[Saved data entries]
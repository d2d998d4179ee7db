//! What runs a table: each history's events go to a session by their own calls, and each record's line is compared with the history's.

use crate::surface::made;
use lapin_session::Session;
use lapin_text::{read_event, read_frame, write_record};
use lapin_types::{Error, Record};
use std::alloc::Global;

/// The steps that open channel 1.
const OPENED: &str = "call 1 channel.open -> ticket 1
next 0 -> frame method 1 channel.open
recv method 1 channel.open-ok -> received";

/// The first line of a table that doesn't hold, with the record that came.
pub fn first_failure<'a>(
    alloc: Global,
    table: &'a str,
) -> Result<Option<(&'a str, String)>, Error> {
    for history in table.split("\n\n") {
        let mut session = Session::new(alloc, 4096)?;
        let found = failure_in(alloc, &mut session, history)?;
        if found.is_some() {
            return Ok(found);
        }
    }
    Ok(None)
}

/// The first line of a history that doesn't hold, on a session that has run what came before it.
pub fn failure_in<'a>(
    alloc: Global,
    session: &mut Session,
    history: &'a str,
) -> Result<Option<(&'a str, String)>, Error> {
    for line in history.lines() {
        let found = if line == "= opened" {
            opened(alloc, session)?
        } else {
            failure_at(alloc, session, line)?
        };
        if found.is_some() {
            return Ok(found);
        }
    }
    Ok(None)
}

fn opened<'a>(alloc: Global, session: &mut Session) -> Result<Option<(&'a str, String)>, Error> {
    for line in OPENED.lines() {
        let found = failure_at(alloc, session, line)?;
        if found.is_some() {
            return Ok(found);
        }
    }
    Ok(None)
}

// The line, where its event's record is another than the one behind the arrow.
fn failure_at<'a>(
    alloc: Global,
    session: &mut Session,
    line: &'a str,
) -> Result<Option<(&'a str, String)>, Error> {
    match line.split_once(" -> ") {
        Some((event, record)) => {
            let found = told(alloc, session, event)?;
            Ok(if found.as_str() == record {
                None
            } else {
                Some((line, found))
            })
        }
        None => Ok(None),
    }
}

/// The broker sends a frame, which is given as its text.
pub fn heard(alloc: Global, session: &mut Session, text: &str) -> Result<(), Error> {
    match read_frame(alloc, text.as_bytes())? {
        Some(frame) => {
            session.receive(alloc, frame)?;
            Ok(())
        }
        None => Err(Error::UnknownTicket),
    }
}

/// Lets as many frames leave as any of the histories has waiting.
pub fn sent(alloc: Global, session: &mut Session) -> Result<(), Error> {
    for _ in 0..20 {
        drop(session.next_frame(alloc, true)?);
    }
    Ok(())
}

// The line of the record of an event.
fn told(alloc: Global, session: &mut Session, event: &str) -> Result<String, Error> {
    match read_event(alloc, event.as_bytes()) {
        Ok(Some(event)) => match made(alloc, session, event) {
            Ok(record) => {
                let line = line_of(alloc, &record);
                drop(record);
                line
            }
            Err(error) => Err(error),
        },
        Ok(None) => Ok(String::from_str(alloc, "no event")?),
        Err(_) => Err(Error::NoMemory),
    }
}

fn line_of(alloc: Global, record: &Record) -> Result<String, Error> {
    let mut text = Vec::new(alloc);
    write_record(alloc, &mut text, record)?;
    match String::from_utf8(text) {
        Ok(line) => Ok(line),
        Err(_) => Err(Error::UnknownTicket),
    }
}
==
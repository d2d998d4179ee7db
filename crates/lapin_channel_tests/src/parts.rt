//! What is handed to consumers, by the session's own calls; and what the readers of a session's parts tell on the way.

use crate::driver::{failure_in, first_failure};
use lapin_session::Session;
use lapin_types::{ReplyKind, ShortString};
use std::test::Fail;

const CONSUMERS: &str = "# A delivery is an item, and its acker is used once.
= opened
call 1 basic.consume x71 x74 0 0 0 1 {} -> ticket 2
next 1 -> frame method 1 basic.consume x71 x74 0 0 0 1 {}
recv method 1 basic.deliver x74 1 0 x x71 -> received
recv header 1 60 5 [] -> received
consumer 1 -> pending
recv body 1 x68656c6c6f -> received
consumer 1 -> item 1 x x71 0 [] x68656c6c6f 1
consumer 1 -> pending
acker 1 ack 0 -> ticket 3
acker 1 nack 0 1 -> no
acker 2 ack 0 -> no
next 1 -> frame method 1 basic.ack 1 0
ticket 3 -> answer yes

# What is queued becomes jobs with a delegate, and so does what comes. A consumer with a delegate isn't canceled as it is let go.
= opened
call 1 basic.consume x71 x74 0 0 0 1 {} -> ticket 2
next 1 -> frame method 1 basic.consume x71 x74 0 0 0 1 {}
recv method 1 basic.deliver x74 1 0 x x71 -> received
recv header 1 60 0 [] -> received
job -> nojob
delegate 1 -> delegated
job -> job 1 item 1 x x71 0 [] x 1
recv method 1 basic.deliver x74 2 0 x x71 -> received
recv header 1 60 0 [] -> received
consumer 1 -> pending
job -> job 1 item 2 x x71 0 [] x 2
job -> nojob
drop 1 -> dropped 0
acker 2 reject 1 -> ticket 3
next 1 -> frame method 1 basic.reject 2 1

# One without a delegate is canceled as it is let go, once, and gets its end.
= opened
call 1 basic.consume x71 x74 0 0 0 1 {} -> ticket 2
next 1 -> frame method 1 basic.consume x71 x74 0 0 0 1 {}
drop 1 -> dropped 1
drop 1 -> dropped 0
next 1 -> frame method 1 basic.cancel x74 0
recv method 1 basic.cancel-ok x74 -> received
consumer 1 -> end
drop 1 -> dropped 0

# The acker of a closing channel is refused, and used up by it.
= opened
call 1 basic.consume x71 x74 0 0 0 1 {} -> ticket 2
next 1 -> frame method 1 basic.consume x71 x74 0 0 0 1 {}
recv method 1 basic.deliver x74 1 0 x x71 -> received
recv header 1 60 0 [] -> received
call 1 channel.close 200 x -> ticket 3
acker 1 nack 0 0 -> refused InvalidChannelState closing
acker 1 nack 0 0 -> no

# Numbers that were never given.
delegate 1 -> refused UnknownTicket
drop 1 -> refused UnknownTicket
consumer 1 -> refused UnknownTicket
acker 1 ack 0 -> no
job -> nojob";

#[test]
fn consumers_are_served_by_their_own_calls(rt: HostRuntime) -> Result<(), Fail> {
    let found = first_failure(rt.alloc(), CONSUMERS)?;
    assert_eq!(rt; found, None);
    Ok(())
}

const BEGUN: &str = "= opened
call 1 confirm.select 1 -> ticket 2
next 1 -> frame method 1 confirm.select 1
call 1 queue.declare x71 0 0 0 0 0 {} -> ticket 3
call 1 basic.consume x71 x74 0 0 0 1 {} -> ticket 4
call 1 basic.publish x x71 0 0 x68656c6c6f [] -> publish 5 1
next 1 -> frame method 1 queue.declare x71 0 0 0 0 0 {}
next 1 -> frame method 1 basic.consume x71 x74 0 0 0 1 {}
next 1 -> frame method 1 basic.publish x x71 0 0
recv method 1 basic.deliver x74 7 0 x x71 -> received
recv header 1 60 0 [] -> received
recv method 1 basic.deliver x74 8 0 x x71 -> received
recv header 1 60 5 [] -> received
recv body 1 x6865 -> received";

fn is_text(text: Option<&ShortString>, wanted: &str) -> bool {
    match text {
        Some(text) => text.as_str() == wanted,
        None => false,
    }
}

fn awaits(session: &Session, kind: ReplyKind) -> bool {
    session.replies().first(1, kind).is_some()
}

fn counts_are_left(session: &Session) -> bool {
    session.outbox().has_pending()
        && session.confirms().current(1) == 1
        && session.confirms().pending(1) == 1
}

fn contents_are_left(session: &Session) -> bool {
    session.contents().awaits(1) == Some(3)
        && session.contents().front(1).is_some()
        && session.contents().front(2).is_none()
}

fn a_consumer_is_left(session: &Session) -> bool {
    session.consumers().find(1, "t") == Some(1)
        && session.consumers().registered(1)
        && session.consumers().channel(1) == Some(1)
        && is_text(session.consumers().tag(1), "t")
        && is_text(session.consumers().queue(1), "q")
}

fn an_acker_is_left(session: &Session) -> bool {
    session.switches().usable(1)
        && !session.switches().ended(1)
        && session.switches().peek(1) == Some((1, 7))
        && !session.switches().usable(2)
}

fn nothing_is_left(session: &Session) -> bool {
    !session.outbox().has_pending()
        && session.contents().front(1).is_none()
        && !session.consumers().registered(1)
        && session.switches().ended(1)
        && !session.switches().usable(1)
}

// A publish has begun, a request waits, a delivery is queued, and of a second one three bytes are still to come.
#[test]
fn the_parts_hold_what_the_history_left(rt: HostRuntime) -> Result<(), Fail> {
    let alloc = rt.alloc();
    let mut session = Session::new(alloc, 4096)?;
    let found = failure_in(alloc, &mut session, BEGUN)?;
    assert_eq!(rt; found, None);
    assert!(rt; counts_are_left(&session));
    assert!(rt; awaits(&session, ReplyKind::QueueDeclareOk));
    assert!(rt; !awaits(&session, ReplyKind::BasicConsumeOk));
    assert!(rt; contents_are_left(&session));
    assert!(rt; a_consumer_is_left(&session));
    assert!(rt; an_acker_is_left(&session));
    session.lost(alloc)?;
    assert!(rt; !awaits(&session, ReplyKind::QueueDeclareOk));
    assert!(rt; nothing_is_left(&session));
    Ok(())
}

The task →
Search the entries for "ShortString" and copy each matching line.

Answer area →
use lapin_types::{ReplyKind, ShortString};
fn is_text(text: Option<&ShortString>, wanted: &str) -> bool {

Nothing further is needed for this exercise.